Search code examples
pythonlistnumpyaverage

Average of each consecutive segment in a list


I have a list:

sample_list = array([1,2,3,4,5,6,7,8,9,10,11,12,13,14,15,16])

I want to calculate the average of every, say 4 elements. But not 4 elements separately, rather the first 4:

1,2,3,4

followed by:

2,3,4,5

followed by:

3,4,5,6

and so on.

The result will be an array or list of average between every 4 elements in the first list.

Output:

array([2.5, 3.5, 4.5, ...])

My attempt:

sample_list = [1, 2, 3, 4, 5, 6, 7, 8, 9, 10, 11]
splits = 4

def avgerage_splits(data):
    datasum = 0
    count = 0 
    for num in data:
        datasum += num
    count += 1
    if count == splits: 
        yield datasum / splits
        datasum = count = 0
if count: 
    yield datasum / count

print(list(average_splits(sample_list)))

[1.5, 3.5, 5.5, 7.5, 9.5, 11.0]

This is not the output I need as this calculates the average of every 4 elements before moving onto a new set of 4 elements. I want to only move one element up in the list and calculate the average of those 4 and so on.


Solution

  • If numpy is an option a simple way to achieve this is to use np.convolve, which can be used to compute a rolling mean when convolving with an array of np.ones:

    import numpy as np
    sample_list = np.array([1,2,3,4,5,6,7,8,9,10,11,12,13,14,15,16], dtype=float)
    
    w = 4
    np.convolve(sample_list, np.ones(w), 'valid') / w
    

    Output

    array([ 2.5,  3.5,  4.5,  5.5,  6.5,  7.5,  8.5,  9.5, 10.5, 11.5, 12.5,
       13.5, 14.5])
    

    Details

    np.convolve is performing a discrete convolution between the two input arrays. In this case np.ones(w), which will be an array of as many ones as the specified window length (4 in this case) array([1., 1., 1., 1.]) and sample_list.

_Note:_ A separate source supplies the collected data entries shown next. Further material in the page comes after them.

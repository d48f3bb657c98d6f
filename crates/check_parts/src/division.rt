//! The division of an input into a script and journals.
ghost use Rattle.std.specs.Prelude.{◌≡◌, ◌≤◌, ◌^◌, IfSome, length};
ghost use Rattle.check_parts.specs.Division.{after_line as division_after, division_of, journal_part as journal_bytes, script_part as script_bytes};
ghost use Rattle.journal_text.specs.Lines.{first_line};

use num_text::cut;
use rc_base::is_text;

// The first line of every journal text.
const FIRST_LINE: &str = "journal 1";

/// What stands before the journals of an input.
#[derive(Clone, Copy, Debug, PartialEq, Eq)]
pub struct Division {
    /// How many lines.
    pub lines: u32,
    /// How many bytes.
    pub bytes: usize,
}

/// What stands before the first line of an input that is the first of a journal text, and None where there is no such line. The last
/// line of the input may lack its newline. (This project's profile.)
pub fn divide(bytes: &[u8]) -> Option<Division>
    requires { length bytes.now ≤ 2 ^ 31 }
    ensures division { result ≡ division_of bytes.now }
    ensures within { IfSome result (λ d. d.bytes ≤ length bytes.now) }
    ensures few { IfSome result (λ d. d.lines ≤ d.bytes) }
{
    let mut left = bytes;
    let mut before = Division { lines: 0, bytes: 0 };
    'lines: loop {
        let (line, rest) = cut(left, b'\n');
        if is_text(line, FIRST_LINE.as_bytes()) {
            return Some(before);
        }
        let Some(rest) = rest else {
            return None;
        };
        before = Division {
            lines: before.lines + 1,
            bytes: before.bytes + line.len() + 1,
        };
        left = rest;
    }
}

/// The bytes of the script of an input: all of them, where it has no journals.
pub(crate) fn script_part(bytes: &[u8], division: Option<Division>) -> &[u8]
    requires { IfSome division (λ d. d.bytes ≤ length bytes.now) }
    ensures part { result.now ≡ script_bytes division bytes.now }
    ensures short { length result.now ≤ length bytes.now }
{
    match division {
        Some(division) => &bytes[..division.bytes],
        None => bytes,
    }
}

/// The bytes of the journals of an input.
pub(crate) fn journal_part(bytes: &[u8], division: Division) -> &[u8]
    requires { division.bytes ≤ length bytes.now }
    ensures part { result.now ≡ journal_bytes division bytes.now }
    ensures short { length result.now ≤ length bytes.now }
{
    &bytes[division.bytes..]
}
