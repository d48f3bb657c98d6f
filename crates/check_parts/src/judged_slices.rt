//! Slices that are judged part by part, and let go of.
ghost use Rattle.std.specs.Prelude.{◌≡◌, ◌<◌, ◌≤◌, ◌↔◌, ℕ, IfOk, IsTrue, List, None, Some, length, map};
ghost use Rattle.cache_core.specs.declared.entry.SliceEntry.{SliceEntry};
ghost use Rattle.check_parts.specs.CrowdedSlices.{HasMoreEntries};
ghost use Rattle.check_parts.specs.JudgedSlices.{AreJudged, AreLooks, IsJudged, IsSoFar, entries_at, found_so_far, journals_of, looks_in, looks_so_far};
ghost use Rattle.journal_check.specs.Verdicts.{HoldBefore, IsVerdict};
ghost use Rattle.journal_check.specs.declared.verdict.Clause.TheVariants.{LooksAreMatched};
ghost use Rattle.machine.specs.Slices.{slice_count};
ghost use Rattle.run_law.specs.Clauses.{CommandsStandOnce, TreeIsLegal};
ghost use Rattle.run_law.specs.Entries.{entries_of};
ghost use Rattle.run_law.specs.Looks.{AreMatched};

use crate::clause_order::{earlier_of, found_in};
use crate::look_lists::looks_in;
use crate::theorems::more_entries_fail;
use cache_core::SliceEntry;
use journal_check::trace::trace;
use journal_check::{Clause, Verdict, are_matched, are_taken_once, check, places_of};
use rc_base::NoMemory;
use run_law::Journals;
use run_law::theorems::runs_by_clauses;
use script_ops::Script;
use std::alloc::Global;

/// What is kept of the first slices of journals, which were judged and let go of.
#[derive(Drop)]
pub(crate) struct JudgedSlices {
    /// The first clause before that of the looks that is false of them.
    pub(crate) found: Option<Clause>,
    /// Where there is none, the first look of each op at each RMID in each of them.
    pub(crate) looks: Vec<Vec<SliceEntry>>,
}

// What was kept so far.
fn so_far(alloc: Global, judged: Option<JudgedSlices>) -> JudgedSlices
    ensures found { result.found ≡ found_so_far judged }
    ensures looks { looks_in result ≡ looks_so_far judged }
{
    match judged {
        Some(judged) => judged,
        None => JudgedSlices {
            found: None,
            looks: Vec::new(alloc),
        },
    }
}

// Adds the first looks of the slices that have none yet, up to a place.
fn with_looks(
    alloc: Global,
    script: &Script,
    looks: Vec<Vec<SliceEntry>>,
    left: &Journals,
    count: u8,
) -> Result<Vec<Vec<SliceEntry>>, NoMemory>
    requires { count ≤ length left.now.slices }
    ensures count { IfOk result (λ new. length new.items ≡ count) }
    ensures looks { IfOk result (λ new. (all : List (List SliceEntry)) (n : ℕ) → n ≤ count → AreLooks script.now all n (map entries_of looks.items)
        → ((i : ℕ) → n ≤ i → entries_at left.now.slices i ≡ entries_at all i) → AreLooks script.now all count (map entries_of new.items)) }
{
    let mut new = looks;
    new.truncate(usize::from(count));
    for i in new.len()..usize::from(count) {
        new.push(looks_in(alloc, script, left.slice(i as u32))?)?;
    }
    Ok(new)
}

// Whether each command was given what its looks counted, where each stands once and the tree's history is legal.
fn are_looks_matched(alloc: Global, script: &Script, j: &Journals) -> Result<bool, NoMemory>
    requires { length j.now.slices ≡ slice_count script.now.machine }
    ensures { IfOk result (λ yes. CommandsStandOnce script.now j.now → TreeIsLegal script.now j.now → (IsTrue yes ↔ AreMatched script.now j.now)) }
{
    // A script's machine is in its range.
    let _threads = script.threads();
    let tree = j.tree();
    let once = are_taken_once(alloc, script, tree)?;
    if !once {
        return Ok(false);
    }
    let Some(steps) = trace(alloc, script, tree)? else {
        return Ok(false);
    };
    let places = places_of(alloc, script, tree)?;
    let matched = are_matched(alloc, script, j, &steps, &places)?;
    Ok(matched)
}

// The verdict where all clauses before that of the looks hold, by the first looks of all slices.
fn verdict_by_looks(
    alloc: Global,
    script: &Script,
    left: Journals,
    looks: Vec<Vec<SliceEntry>>,
) -> Result<Verdict, NoMemory>
    requires { length looks.items ≡ slice_count script.now.machine }
    ensures { IfOk result (λ verdict. (all : List (List SliceEntry)) → length all ≡ slice_count script.now.machine → HasMoreEntries script.now all
        → HoldBefore script.now (journals_of left.tree all) LooksAreMatched → AreLooks script.now all (length all) (map entries_of looks.items)
        → IsVerdict script.now (journals_of left.tree all) verdict) }
{
    more_entries_fail();
    // A script that was read is lawful.
    let _threads = script.threads();
    let (tree, slices) = left.into_parts();
    drop(slices);
    let journals = Journals::of(tree, looks);
    let matched = are_looks_matched(alloc, script, &journals)?;
    if matched {
        Ok(Verdict::No {
            clause: Clause::EntriesStandOnce,
        })
    } else {
        Ok(Verdict::No {
            clause: Clause::LooksAreMatched,
        })
    }
}

impl JudgedSlices {
    /// Judges the slices up to a place by what is left of them: after that nothing of them has to be left. NoMemory where there is no
    /// room for what a check keeps of them, or for their first looks.
    pub(crate) fn judge(
        judged: Option<JudgedSlices>,
        alloc: Global,
        script: &Script,
        left: &Journals,
        count: u8,
    ) -> Result<JudgedSlices, NoMemory>
        requires all { length left.now.slices ≡ slice_count script.now.machine }
        requires within { count ≤ length left.now.slices }
        ensures count { IfOk result (λ new. new.found ≡ None → length new.looks.items ≡ count) }
        ensures judged { IfOk result (λ new. (all : List (List SliceEntry)) → length all ≡ count
            → IsSoFar script.now judged left.now.tree all left.now.slices → AreJudged script.now new left.now.tree all) }
    {
        runs_by_clauses();
        let JudgedSlices { found, looks } = so_far(alloc, judged);
        let verdict = check(alloc, script, left)?;
        match earlier_of(found, found_in(verdict)) {
            Some(clause) => Ok(JudgedSlices {
                found: Some(clause),
                looks: Vec::new(alloc),
            }),
            None => {
                let looks = with_looks(alloc, script, looks, left, count)?;
                Ok(JudgedSlices { found: None, looks })
            }
        }
    }

    /// The verdict on journals whose slices have together more entries than the script weighs, by what is left of them. NoMemory where
    /// there is no room for what a check keeps of them.
    pub(crate) fn verdict(
        self,
        alloc: Global,
        script: &Script,
        left: Journals,
    ) -> Result<Verdict, NoMemory>
        requires { length left.slices ≡ slice_count script.now.machine }
        ensures { IfOk result (λ verdict. (all : List (List SliceEntry)) → length all ≡ slice_count script.now.machine → HasMoreEntries script.now all
            → IsJudged script.now self left.tree all left.slices → IsVerdict script.now (journals_of left.tree all) verdict) }
    {
        let count = script.machine().slice_count();
        let JudgedSlices { found, looks } = JudgedSlices::judge(
            Some(self),
            alloc,
            script,
            &left,
            count,
        )?;
        match found {
            Some(clause) => Ok(Verdict::No { clause }),
            None => verdict_by_looks(alloc, script, left, looks),
        }
    }
}
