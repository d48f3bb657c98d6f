//! What is wrong with an input.
ghost use Rattle.std.specs.Prelude.{◌≡◌, IfOk};
ghost use Rattle.check_parts.specs.BadInputs.{bad_line};

use num_text::push_dec;
use rc_base::{NoMemory, TextBuf};
use script_text::ScriptFault;
use std::alloc::Global;
use top_parts::{Refusal, line_of};

/// What is wrong with an input (this project's profile).
#[derive(Clone, Copy, Debug, PartialEq, Eq)]
pub enum BadInput {
    /// It has more bytes than are taken.
    TooLarge,
    /// Its script has this first bad line, with this first fault.
    BadScript(ScriptFault),
    /// A check finds no line that begins journals.
    NoJournal,
    /// Its journals have no reading: this is their first bad line, counted from 1 through the whole input.
    BadJournal { line: u32 },
}

// The line for journals that have no reading.
fn bad_journal_line(alloc: Global, line: u32) -> Result<Vec<u8>, NoMemory>
    ensures { IfOk result (λ text. text.items ≡ bad_line (BadInput.BadJournal line)) }
{
    let mut text = TextBuf::with_room(alloc, 64)?;
    text.push_all(b"line ".as_slice());
    push_dec(u64::from(line), &mut text);
    text.push_all(b": bad journal\n".as_slice());
    let text = Vec::from_slice(alloc, text.bytes())?;
    Ok(text)
}

// A line as it is.
fn own_line(alloc: Global, line: &[u8]) -> Result<Vec<u8>, NoMemory>
    ensures { IfOk result (λ text. text.items ≡ line.now) }
{
    let text = Vec::from_slice(alloc, line)?;
    Ok(text)
}

/// The line that tells what is wrong with an input.
pub fn bad_line_of(alloc: Global, bad: BadInput) -> Result<Vec<u8>, NoMemory>
    ensures { IfOk result (λ text. text.items ≡ bad_line bad) }
{
    match bad {
        BadInput::TooLarge => own_line(alloc, b"line 0: script too large\n"),
        BadInput::BadScript(fault) => line_of(alloc, Refusal::BadLine(fault)),
        BadInput::NoJournal => own_line(alloc, b"line 0: no journal\n"),
        BadInput::BadJournal { line } => bad_journal_line(alloc, line),
    }
}
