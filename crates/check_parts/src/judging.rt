//! The verdict on an input, without what no verdict stands on.
ghost use Rattle.std.specs.Prelude.{◌≡◌, ◌≤◌, ℕ, List, Ok, Some, length};
ghost use Rattle.check_parts.specs.BadInputs.{HasScript};
ghost use Rattle.check_parts.specs.Division.{division_of};
ghost use Rattle.check_parts.specs.Judging.{HasSlices, ReadsExpected, ReadsVerdict};
ghost use Rattle.check_parts.specs.declared.form.Form.TheVariants.{Check};
ghost use Rattle.check_parts.specs.declared.limits.TheConstants.{MOST_CHECK_BYTES};
ghost use Rattle.journal_check.specs.Tables.{IsTableOf};

use crate::bad_input::BadInput;
use crate::division::{Division, divide, journal_part};
use crate::expected_journals::ExpectedJournals;
use crate::input::{InputError, script_before};
use journal_check::Verdict;
use journal_text::{ReadError, read_with};
use rc_base::NoMemory;
use script_ops::Script;
use std::alloc::Global;

// What is kept of the journals of an input, or what is wrong with them.
fn expected_in(
    alloc: Global,
    bytes: &[u8],
    division: Division,
    script: &Script,
) -> Result<ExpectedJournals, InputError>
    requires few { length bytes.now ≤ MOST_CHECK_BYTES }
    requires divides { division_of bytes.now ≡ Some division }
    requires within { division.bytes ≤ length bytes.now }
    requires lines { division.lines ≤ division.bytes }
    requires script { HasScript Check bytes.now script.now }
    ensures { ReadsExpected bytes.now script.now result }
{
    let Ok(nothing) = ExpectedJournals::create(alloc, script) else {
        return Err(InputError::NoMemory);
    };
    match read_with(alloc, journal_part(bytes, division), script, nothing) {
        Ok(kept) => Ok(kept),
        Err(ReadError::Bad { line }) => Err(InputError::Bad(BadInput::BadJournal {
            line: division.lines + line,
        })),
        Err(ReadError::NoMemory) => Err(InputError::NoMemory),
    }
}

// The verdict on what was kept.
fn verdict_on(alloc: Global, script: &Script, kept: ExpectedJournals) -> Result<Verdict, InputError>
    requires table { IsTableOf script.now kept.counts }
    requires slices { HasSlices script.now kept.left }
    ensures { (bytes : List ℕ) → ReadsExpected bytes script.now (Ok kept) → ReadsVerdict bytes result }
{
    // A script that was read is lawful.
    let _threads = script.threads();
    match kept.verdict(alloc, script) {
        Ok(verdict) => Ok(verdict),
        Err(NoMemory) => Err(InputError::NoMemory),
    }
}

// The verdict on the journals of an input with this script. The bytes are let go of before the check.
fn verdict_after(
    alloc: Global,
    bytes: Vec<u8>,
    division: Division,
    script: &Script,
) -> Result<Verdict, InputError>
    requires few { length bytes.items ≤ MOST_CHECK_BYTES }
    requires divides { division_of bytes.items ≡ Some division }
    requires within { division.bytes ≤ length bytes.items }
    requires lines { division.lines ≤ division.bytes }
    requires script { HasScript Check bytes.items script.now }
    ensures { ReadsVerdict bytes.items result }
{
    let read = expected_in(alloc, &bytes, division, script);
    drop(bytes);
    match read {
        Ok(kept) => verdict_on(alloc, script, kept),
        Err(error) => Err(error),
    }
}

/// The verdict on the journals of an input of a check, or what is wrong with the input. Of journals with a command that no run goes on
/// with nothing is kept from that command on, and each op has a number. Slices that have together more entries than the script weighs
/// are judged and let go of, but for the first looks of commands. So what is kept is bounded by the script, and not by the input. The
/// bytes are let go of.
pub fn verdict_in(alloc: Global, bytes: Vec<u8>) -> Result<Verdict, InputError>
    requires { length bytes.items ≤ MOST_CHECK_BYTES }
    ensures { ReadsVerdict bytes.items result }
{
    let division = divide(&bytes);
    match script_before(alloc, &bytes, division) {
        Ok(script) => match division {
            Some(division) => verdict_after(alloc, bytes, division, &script),
            None => Err(InputError::Bad(BadInput::NoJournal)),
        },
        Err(error) => Err(error),
    }
}
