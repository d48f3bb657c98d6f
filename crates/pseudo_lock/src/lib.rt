//! Pseudo-locked regions: which a machine has, and which lines a Lock loads for them.
#![tactic(auto)]

pub mod laws;
pub mod lines;
pub mod region;
pub mod regions;

pub use laws::{first_lines, limits_are_stated};
pub use lines::{line_at, load_place};
pub use region::Region;
pub use regions::{DOMAINS, MAX_PLACED, Regions};
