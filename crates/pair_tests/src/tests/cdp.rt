//! Scripts on data and code masks.

use super::{Given, told_by};
use call_rim::Status;
use pair_text::PairKind;
use std::test::Fail;

// Data has two ways, in which its lines 1, 2, 3 and 1 miss; code has the two others. A line that is modified is used twice.
const TRACE: &str = "machine sets=1 ways=4 classes=4
tasks 1
write /schemata L3CODE:0=c
write /schemata L3DATA:0=3
write /mode exclusive
flush
trace 1 0
I  0,4
 L 40,8
 M 80,8
 S c0,8
I  0,4
 L 40,8
end
";

const REPORT: &str =
    "window 0 group 0 data ways 2 from 0: accesses 5 hits 1 covered 5 hits 1 private 1
window 0 group 0 code ways 2 from 0: accesses 2 hits 1 covered 2 hits 1 private 1
group 0 /: data accesses 5 hits 1 misses 4, code accesses 2 hits 1 misses 1
domain 0: valid 3 of 4
total: commands 4 refused 0
";

const COMMANDS: &str = "0 write /schemata L3CODE:0=c: ok
1 write /schemata L3DATA:0=3: ok
2 write /mode exclusive: ok
3 flush: ok
";

#[test]
fn a_quiet_report_has_no_commands(rt: HostRuntime) -> Result<(), Fail> {
    let told = told_by(rt.alloc(), &Given::of(PairKind::Cdp, &["--quiet"], TRACE))?;
    assert_eq!(rt; told.status, Status::Done);
    assert!(rt; told.has_journals);
    assert_eq!(rt; told.taken.as_slice(), REPORT.as_bytes());
    Ok(())
}

#[test]
fn commands_are_told_unless_the_report_is_quiet(rt: HostRuntime) -> Result<(), Fail> {
    let told = told_by(rt.alloc(), &Given::of(PairKind::Cdp, &[], TRACE))?;
    assert_eq!(rt; told.status, Status::Done);
    let due = format!(in rt.alloc(); "{COMMANDS}{REPORT}")?;
    assert_eq!(rt; told.taken.as_slice(), due.as_bytes());
    Ok(())
}

// Three classes of the machine make one group.
const ONE_GROUP: &str = "machine classes=3
mkdir /a
write /schemata L3:0=1
write /mode exclusive
";

const ONE_GROUP_COMMANDS: &[u8] = b"0 mkdir /a: ENOSPC out of CLOSIDs
1 write /schemata L3:0=1: EINVAL unknown resource name
2 write /mode exclusive: ok
group 0 /: ";

#[test]
fn a_class_takes_two_of_the_machine(rt: HostRuntime) -> Result<(), Fail> {
    let told = told_by(rt.alloc(), &Given::of(PairKind::Cdp, &[], ONE_GROUP))?;
    assert_eq!(rt; told.status, Status::Done);
    assert!(rt; told.taken.as_slice().starts_with(ONE_GROUP_COMMANDS));
    Ok(())
}

// A trace with a line that is none of lackey's, and two without an end: the input of one stops after its last line.
const BAD_TRACES: [(&str, &str); 3] = [
    (
        "machine sets=1 ways=4 classes=4
tasks 1
write /schemata L3CODE:0=c
write /schemata L3DATA:0=3
write /mode exclusive
flush
trace 1 0
I  0,4
 Q 0,4
 M 80,8
 S c0,8
I  0,4
 L 40,8
end
",
        "line 9: bad trace line\n",
    ),
    (
        "machine sets=1 ways=4 classes=4
tasks 1
write /schemata L3CODE:0=c
write /schemata L3DATA:0=3
write /mode exclusive
flush
trace 1 0
I  0,4
 L 40,8
 M 80,8
 S c0,8
I  0,4
 L 40,8
",
        "line 14: bad trace line\n",
    ),
    (
        "machine sets=1 ways=4 classes=4
tasks 1
trace 1 0
I  0,4",
        "line 5: bad trace line\n",
    ),
];

#[test]
fn bad_traces_are_refused(rt: HostRuntime) -> Result<(), Fail> {
    for (script, line) in BAD_TRACES {
        let told = told_by(rt.alloc(), &Given::of(PairKind::Cdp, &[], script))?;
        assert_eq!(rt; told.status, Status::Refused, "{line}");
        assert!(rt; !told.has_journals, "{line}");
        assert_eq!(rt; told.taken.as_slice(), line.as_bytes());
    }
    Ok(())
}

// The calls of the source and of the sink that fail, the status, and whether there are journals.
const FAILING: [(&[u32], &[u32], Status, bool); 2] = [
    (&[], &[1], Status::WriteFault, true),
    (&[1], &[1], Status::ReadFault, false),
];

#[test]
fn streams_that_fail_are_told(rt: HostRuntime) -> Result<(), Fail> {
    for (reads, writes, status, has_journals) in FAILING {
        let mut given = Given::of(PairKind::Cdp, &["--quiet"], TRACE);
        given.reads = reads;
        given.writes = writes;
        let told = told_by(rt.alloc(), &given)?;
        assert_eq!(rt; told.status, status);
        assert_eq!(rt; told.has_journals, has_journals);
        assert_eq!(rt; told.taken.len(), 0);
    }
    Ok(())
}
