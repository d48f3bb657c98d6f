//! Runs of which no command asks that a group be exclusive.
ghost use Rattle.std.specs.Prelude.{◌≡◌};
ghost use Rattle.std.specs.List.{list_any};
ghost use Rattle.run_law.specs.Entries.{entry_value};
ghost use Rattle.run_law.specs.declared.journals.TreeEntry.{TreeEntry};
ghost use Rattle.run_windows.specs.Quiet.{asks_exclusive, asks_in, is_exclusive_text};

use command_parts::is_named;
use path_names::{FileKind, PathRef};
use rc_base::Mode;
use run_law::{Journals, TreeEntry};
use script_ops::{Op, Script};

// Whether a text that is written to a file asks for the mode exclusive.
fn is_exclusive_text(path: PathRef, text: &[u8]) -> bool
    ensures { result ≡ is_exclusive_text path text.now }
{
    match path {
        PathRef::File(_, FileKind::Mode) => is_named(text, Mode::Exclusive),
        _ => false,
    }
}

// Whether a command asks that a group be exclusive.
fn asks_exclusive(op: &Op) -> bool
    ensures { result ≡ asks_exclusive op.now }
{
    match op {
        Op::Write { path, text } => is_exclusive_text(*path, text.as_slice()),
        _ => false,
    }
}

// Whether the command of an entry does.
fn asks_in(script: &Script, entry: &TreeEntry) -> bool
    ensures { result ≡ asks_in script.now (entry_value entry.now) }
{
    match script.op(entry.thread, entry.op) {
        Some(op) => asks_exclusive(op.get()),
        None => false,
    }
}

// Whether the command of one of these entries does.
fn has_asking(script: &Script, entries: &[TreeEntry]) -> bool
    ensures { result ≡ list_any (λ (e : TreeEntry). asks_in script.now (entry_value e)) entries.now }
{
    entries.iter().any(|entry| asks_in(script, entry))
}

/// Whether a command of a run asks that a group be exclusive. Where none does, no group ever is, and the run has no windows
/// (kernel documentation, resctrl, section "mode": a group is exclusive by a write alone).
pub fn has_exclusive_write(script: &Script, journals: &Journals) -> bool
    ensures { result ≡ list_any (asks_in script.now) journals.now.tree }
{
    has_asking(script, journals.tree())
}
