//! The line that tells a verdict.
ghost use Rattle.std.specs.Prelude.{◌≡◌, ◌≤◌, IfOk, length};
ghost use Rattle.check_parts.specs.VerdictLines.{clause_word as word_of, verdict_line as line_of};

use journal_check::{Clause, Verdict};
use rc_base::{NoMemory, TextBuf};
use std::alloc::Global;

/// The word for a clause, in what `check` writes (this project's profile).
pub fn clause_word(clause: Clause) -> &'static str
    ensures word { result.now ≡ word_of clause }
    ensures short { length result.now ≤ 5 }
{
    match clause {
        Clause::CommandsStandOnce => "D15.1",
        Clause::TreeIsLegal => "D9",
        Clause::SlicesAreLegal => "D11",
        Clause::AccessesAreTrue => "D13.1",
        Clause::OthersAreTrue => "D13.2",
        Clause::StandAfterCommands => "D13.3",
        Clause::LooksAreMatched => "D14",
        Clause::EntriesStandOnce => "D15.2",
        Clause::MarksInOrder => "D15.3",
        Clause::EntriesInOrder => "D15.4",
    }
}

// The line that tells that journals are no run.
fn no_line(alloc: Global, clause: Clause) -> Result<Vec<u8>, NoMemory>
    ensures { IfOk result (λ line. line.items ≡ line_of (Verdict.No clause)) }
{
    let mut line = TextBuf::with_room(alloc, 16)?;
    line.push_all(b"no ".as_slice());
    line.push_all(clause_word(clause).as_bytes());
    line.push(b'\n');
    let line = Vec::from_slice(alloc, line.bytes())?;
    Ok(line)
}

// The line that tells that they are one.
fn yes_line(alloc: Global) -> Result<Vec<u8>, NoMemory>
    ensures { IfOk result (λ line. line.items ≡ line_of Verdict.Yes) }
{
    let line = Vec::from_slice(alloc, b"yes\n".as_slice())?;
    Ok(line)
}

/// The line that tells a verdict: `yes`, or `no` with the word for the first clause that is false.
pub fn verdict_line(alloc: Global, verdict: Verdict) -> Result<Vec<u8>, NoMemory>
    ensures { IfOk result (λ line. line.items ≡ line_of verdict) }
{
    match verdict {
        Verdict::Yes => yes_line(alloc),
        Verdict::No { clause } => no_line(alloc, clause),
    }
}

    The following list comprehension aims to replicate the way np.convolve is computing the output values:

    w = 4
    np.array([sum(ones*sample_list[m:m+w]) for m in range(len(sample_list)-(w-1))]) / w 
    
    array([ 2.5,  3.5,  4.5,  5.5,  6.5,  7.5,  8.5,  9.5, 10.5, 11.5, 12.5,
       13.5, 14.5])
    

    So at each iteration it will take the inner product between the array of ones and the current window of sample_list .

    Bellow is an example of how the first outputs are computed so that its a little clearer. Note that in this case the used mode specified for the convolution is valid, which means that, the overlap is specified to be always complete:

    [1,1,1,1]
    [1,2,3,4,5,6,7,8...]
    = (1*1 + 1*2 + 1*3 + 1*4) / 4 = 2.5
    

    And the following as:

      [1,1,1,1]
    [1,2,3,4,5,6,7,8...]
    = (1*2 + 1*3 + 1*4 + 1*5) / 4 = 3.5
    

    And so on, yielding as mentioned earlier a moving average of sample_list.